Wednesday, 28 March 2018

PER-SHARE EARNINGS: How Warren tells the winners from the losers

PER-SHARE EARNINGS: How WARREN TELLS THE WINNERS FROM THE LOSERS

Per-share earnings are the net earnings of the company on a per-share basis for the time period in question. This is a big number in the world of investing because, as a rule, the more a company earns per share the higher its stock price is. To determine the company's per-share earnings we take the amount of net income the company earned and divide it by the number of shares it has outstanding. As an example: If a company had net earnings of $10 million for the year, and it has one million shares outstanding, it would have per-share earnings for the year of $10 a share.

While no one yearly per-share figure can be used to identify a company with a durable competitive advantage, a per-share earnings figure for a ten-year period can give us a very clear picture of whether the company has a long-term competitive advantage working in its favor. What Warren looks for is a per-share earning picture over a ten-year period that shows consistency and an upward trend.

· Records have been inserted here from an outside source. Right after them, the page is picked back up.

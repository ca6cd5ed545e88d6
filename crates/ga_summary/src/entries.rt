ghost use Rattle.std.specs.Prelude.{◌≡◌, ◌+◌, ◌<◌, ◌≤◌, false, true, None, Some, IfOk, MatchResult, MatchOption, [], max, vec_len, vec_capacity};
ghost use Rattle.ga_base.specs.declared.key.Key.{Key as TheKey};
ghost use Rattle.ga_base.specs.Orders.{key_cmp, is_same_key};
ghost use Rattle.ga_summary.specs.SummaryParts.{rows_in};
ghost use Rattle.ga_summary.specs.SummaryRows.{row_at};
ghost use Rattle.ga_summary.specs.Steps.Entries.{AllClosed, IsClosed, rows_of, row_of};
ghost use Rattle.ga_summary.specs.Steps.Joined.{put_row, put_rows};
ghost use Rattle.ga_summary.specs.Steps.Room.{HasPlace, AllHavePlace, IsClosedAt, OpenAmong, entry_at};
ghost use Rattle.ga_summary.specs.Steps.Places.{Rises, StandsAt, GoesTo};

use crate::PartRow;
use crate::entry::Entry;
use crate::one_pass::merge_entries;
use crate::order::compare_keys;
use ga_base::{Key, NoMemory};
use std::alloc::{AllocError, Global};
use std::mem::replace;

/// Where the key stands, or where it would go.
pub(crate) fn find(entries: &[Box<Entry>], key: &Key) -> Result<usize, usize>
    requires { Rises key_cmp (λ row. row.key) (rows_of entries.now) }
    ensures { MatchResult result (StandsAt key_cmp (λ row. row.key) key.now (rows_of entries.now)) (GoesTo key_cmp (λ row. row.key) key.now (rows_of entries.now)) }
{
    entries.binary_search_by(|entry| compare_keys(&entry.key, key))
}

/// The key's entry.
pub(crate) fn entry_of<'a>(entries: &'a [Box<Entry>], key: &Key) -> Option<&'a Entry>
    requires { Rises key_cmp (λ row. row.key) (rows_of entries.now) }
    ensures { MatchOption result (row_at (rows_of entries.now) key.now ≡ None) (λ e. row_at (rows_of entries.now) key.now ≡ Some (row_of e.now)) }
{
    match find(entries, key) {
        Ok(at) => Some(&entries[at]),
        Err(_) => None,
    }
}

/// Closed entries with the same rows.
pub(crate) fn copy_all(alloc: Global, entries: &[Box<Entry>]) -> Result<Vec<Box<Entry>>, AllocError>
    requires { AllClosed entries.now }
    ensures rows { IfOk result (λ v. rows_of v.items ≡ rows_of entries.now) }
    ensures closed { IfOk result (λ v. AllClosed v.items) }
{
    let mut copies = Vec::with_capacity(alloc, entries.len())?;
    for entry in entries {
        copies.push(Box::new(alloc, entry.copy()?)?)?;
    }
    Ok(copies)
}

/// The room that may stand empty behind the rows of a list: this many rows, and an eighth of those that are left.
const SPARE_ROWS: usize = 1_024;

/// Gives the memory behind the rows back, where much of it stands empty.
fn give_back(rows: &mut Vec<PartRow>)
    ensures items { rows.new.items ≡ rows.old.items }
{
    let len = rows.len();
    let spare = rows.capacity() - len;
    if spare > SPARE_ROWS && spare - SPARE_ROWS > len / 8 {
        rows.shrink_to(len);
    }
}

/// Closed entries with these rows. They are made from the last row on, so that the list of rows gives its memory back as they grow.
pub(crate) fn entries_of(mut rows: Vec<PartRow>) -> Result<Vec<Box<Entry>>, NoMemory>
    ensures rows { IfOk result (λ v. rows_of v.items ≡ rows_in rows.items) }
    ensures closed { IfOk result (λ v. AllClosed v.items) }
{
    let alloc = *rows.allocator();
    let mut entries = Vec::with_capacity(alloc, rows.len())?;
    while let Some(row) = rows.pop() {
        let entry = Entry::of(alloc, row.key, row.sums, row.names);
        entries.push(Box::new(alloc, entry)?)?;
        give_back(&mut rows);
    }
    entries.reverse();
    Ok(entries)
}

/// Puts an entry in its place, or joins it to the entry of its key.
fn place(entries: &mut Vec<Box<Entry>>, more: Box<Entry>)
    requires rising { Rises key_cmp (λ row. row.key) (rows_of entries.old.items) }
    requires room { vec_len entries.old < vec_capacity entries.old }
    requires closed { IsClosed more.value }
    requires fits { HasPlace entries.old.items more.value }
    ensures rows { rows_of entries.new.items ≡ put_row (row_of more.value) (rows_of entries.old.items) }
    ensures others { (key : TheKey) → is_same_key key more.value.key ≡ false → entry_at entries.new.items key ≡ entry_at entries.old.items key }
    ensures closed { (key : TheKey) → is_same_key key more.value.key ≡ true → IsClosedAt entries.new.items key }
    ensures len { vec_len entries.new ≤ vec_len entries.old + 1 }
    ensures capacity { vec_capacity entries.old ≤ vec_capacity entries.new }
{
    match find(entries, &more.key) {
        Ok(at) => {
            let entry: &mut Entry = &mut entries[at];
            entry.take(Box::into_inner(more));
        }
        Err(at) => match entries.insert(at, more) {
            Ok(()) => {}
            Err(_) => unreachable!(),
        },
    }
}

/// Puts entries in their places one by one.
fn place_each(entries: &mut Vec<Box<Entry>>, more: Vec<Box<Entry>>)
    requires rising { Rises key_cmp (λ row. row.key) (rows_of entries.old.items) }
    requires rising_more { Rises key_cmp (λ row. row.key) (rows_of more.items) }
    requires room { vec_len entries.old + vec_len more ≤ vec_capacity entries.old }
    requires closed_more { AllClosed more.items }
    requires opened { OpenAmong entries.old.items more.items }
    requires fits { AllHavePlace entries.old.items more.items }
    ensures rows { rows_of entries.new.items ≡ put_rows (rows_of more.items) (rows_of entries.old.items) }
    ensures closed { AllClosed entries.new.items }
{
    for entry in more {
        place(entries, entry);
    }
}

/// Puts entries in their places, for which all that they need is there: one by one, or by one pass over all into `room`.
pub(crate) fn place_all(entries: &mut Vec<Box<Entry>>, more: Vec<Box<Entry>>, room: Vec<Box<Entry>>)
    requires rising { Rises key_cmp (λ row. row.key) (rows_of entries.old.items) }
    requires rising_more { Rises key_cmp (λ row. row.key) (rows_of more.items) }
    requires none { room.items ≡ [] }
    requires room { vec_len entries.old + vec_len more ≤ max (vec_capacity entries.old) (vec_capacity room) }
    requires closed_more { AllClosed more.items }
    requires opened { OpenAmong entries.old.items more.items }
    requires fits { AllHavePlace entries.old.items more.items }
    ensures rows { rows_of entries.new.items ≡ put_rows (rows_of more.items) (rows_of entries.old.items) }
    ensures closed { AllClosed entries.new.items }
{
    if room.capacity() < entries.len() + more.len() {
        place_each(entries, more);
    } else {
        let none = Vec::new(*entries.allocator());
        let old = replace(entries, none);
        *entries = merge_entries(old, more, room);
    }
}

 Something that looks like this:


08
$2.95
07
$2.68
06
$2.37
05
$2.17
04
$2.06
03
$1.95
02
$1.65
01
$1.60
00
$1.48
99
$1.30
98
$1.42


This shows Warren that the company has consistent earnings with a long-term upward trend---an excellent sign that the company in question has some kind of long-term competitive advantage working in its favor. Consistent earnings are usually a sign that the company is selling a product or mix of products that don't need to go through the expensive process of change. The upward trend in earnings means that the company's economics are strong enough to allow it either to make the expenditures to increase market share through advertising or expansion, or to use financial engineering like stock buybacks.

The companies that Warren stays away from have an erratic earnings picture that looks like this:
                       

08
$2.50
07
         $(0.45) loss
06
$3.89
05
         $(6.05) loss
04
$6.39
03
$5.03
02
$3.35
01
$1.77
00
$6.68
99
$8.53
98
$5.24


This shows a downward trend, punctuated by losses, which tells Warren that this company is in a fiercely competitive industry prone to booms and busts. The booms show up when demand is greater than supply, but when demand is great, the company increases production to meet demand, which increases costs and eventually leads to an excess of supply in the industry. Excess leads to falling prices, which means that the company loses money until the next boom comes along. There are thousands of companies like this, and the wild price swings in shares, caused by each company's erratic earnings, create the illusion of buying opportunities for traditional value investors. But what they are really buying is a long, slow boat ride to investor nowhere.